Deep learning is also helpful in situations where expertise is limited, for example, an absence of health care providers, Peng continued.

Her group is partnering with eye doctors in India to screen for diabetic retinopathy. India has a shortage of 127,000 eye doctors, and about half of all patients are found to have preventable vision loss, Peng said.

“As this is preventable, this is an unacceptable state for many health care providers in India,” she added.

The project hired 54 U.S. ophthalmologists and acquired 135,000 fundus images in India. They rendered about 80,000 diagnoses, she said. Due to physician variability in grading, some images needed to be graded three or four times to get a proper majority decision.

They entered images and data into a popular neural net called Inception. She said Google Photos uses Inception within its image search functionality.

“It worked out pretty well,” she said. “We asked the neural net to give us one of the 5-point grades for the images, to tell us the field of view and whether it was an image of a left or right eye.”

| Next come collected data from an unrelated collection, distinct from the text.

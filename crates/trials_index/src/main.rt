// Tries the index by a script, which it reads from standard input, and prints each line of it with its answer. The model makes
// the script and what has to be printed; it knows nothing of this code.
//
// A script is a row of parts, with '#' between them. A part begins with a table without blocks. Lines that change it:
//
//     block                         one more block, bare and without records
//     state BLOCK NUMBER END        1 spent, 2 bare, 3 open with an end, 4 full
//     entry BLOCK OFFSET PINO VERSION INO TYPE NAME
//     content BLOCK OFFSET INO VERSION MODE ISIZE FROM DSIZE HOLE
//     find                          finds the blocks that can be done without
//
// and questions, of which each answers a word and numbers:
//
//     of PINO NAME                  the entry of a name that counts: its block, offset, version, number and type
//     next PINO NAME                likewise that of the smallest name above one
//     names PINO                    how many names a directory has
//     length INO
//     run INO AT LIMIT              the content that gives the byte AT, by its block and offset, and up to where: the lowest of
//                                   LIMIT, its end, and the first place behind AT at which a content of the number begins
//     version NUMBER                the highest of a number, in either kind
//     number                        the highest in any field
//     missed                        a 1, and a bit for each record: whether it would be missed without its block
//     states                        the number of each block's state, as a digit
//
// Numbers are of 32 bits, and a word that is such a number is no NAME. Of twins the one at the lowest place is answered. A part
// that ends in `quiet` prints nothing but one number for its answers.
#![tactic(auto)]

mod answer;
mod command;
mod table;

use answer::Answer;
use command::parse;
use std::io;
use table::Table;

// What a line answers.
fn answer_of(table: &mut Table, line: &str) -> Answer {
    match parse(line) {
        Some(command) => table.answer(command),
        None => Answer::NotUnderstood,
    }
}

// Tries a part, and prints each line with its answer; of a quiet part only a number for all answers.
fn try_part(rt: &HostRuntime, part: &str) -> io::Result<()> {
    let quiet = part.ends_with("quiet");
    let mut table = Table::new(rt.alloc());
    let mut all = 1;
    for line in part.lines() {
        let answer = answer_of(&mut table, line);
        all = answer.taken_into(all);
        if !quiet {
            println!(rt; "{line}: {answer}")?;
        }
    }
    if quiet {
        let answer = Answer::Is(all);
        println!(rt; "all: {answer}")?;
    }
    Ok(())
}

// As in the other programs that read a script: what is printed can stand in no contract, and so in no function that they share.
fn main(rt: HostRuntime) -> io::Result<()> {
    let script = io::read_to_string(rt.alloc(), rt.stdin())?;
    for part in script.split('#') {
        try_part(&rt, part.trim())?;
    }
    Ok(())
}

They published results from their data in JAMA (Gulshan, et al.) in 2016 and Ophthalmology (Krause, et al.) in 2018.

“We trained the neural net on a majority decision [based on the ophthalmologists’ findings], and the net was on par with the majority decision of the ophthalmologists,” Peng said.

The group also uses “show me where” functionality to learn where the neural net is looking within an image to make its decision.

Show me where is like a heat map highlighting the areas of the picture that are relevant to the neural net and the question being asked, she explained.

To illustrate this, Peng showed photos of two dogs, an Afghan hound and a Pomeranian. Using show me where, the neural net highlights the characteristics that are unique to the different pets, such as the Pomeranian’s short snout and the Afghan hound’s long hair and narrow face.

They applied this technology to fundus photography and found that the neural nets focused on small microaneurysms and subtle hemorrhages to arrive at a conclusion, Peng said.

It was also adept at ignoring artifacts on the image that could interrupt the diagnosis, such as a corneal reflection or a dust spot.

She said the process has been a good start.

“There’s still a lot to do on the path of adoption, and we really need to get the details right.

They are continuing to work with providers in India, EyePACS, the Ministry of Health in Thailand and regulatory agencies so it is shown to be safe and effective, she said.

“If the doctors can’t use it, if it’s too slow and doesn’t incorporate well with existing screening systems, then it won’t be used, and that means it’s useless,” Peng added.

Her team is also working with hardware makers such as Nikon Optos and Verily Life Sciences to increase ease of use.

“Taking a picture shouldn’t be a barrier to screening,” she said.

Many of the artificial intelligence tools are open source and available for use; Peng reported an increase in research in this space.

“We think it’s really important because what is really going to change and move the needle is if many people are working on the problems and we are building this together,” she said. – by Abigail Sutton

References:

Peng L. Deep learning for retinal imaging. Presented at: Focus on Eye Health National Summit: Research to Impact. Washington; July 18, 2018. Accessed via live webcast.

Gulshan V, et al. JAMA. 2016;doi:10.1001/jama.2016.17216.

Krause J, et al. Ophthalmology. 2018;doi:10.1016/j.ophtha.2018.01.034.

Disclosure: Peng is employed by Google.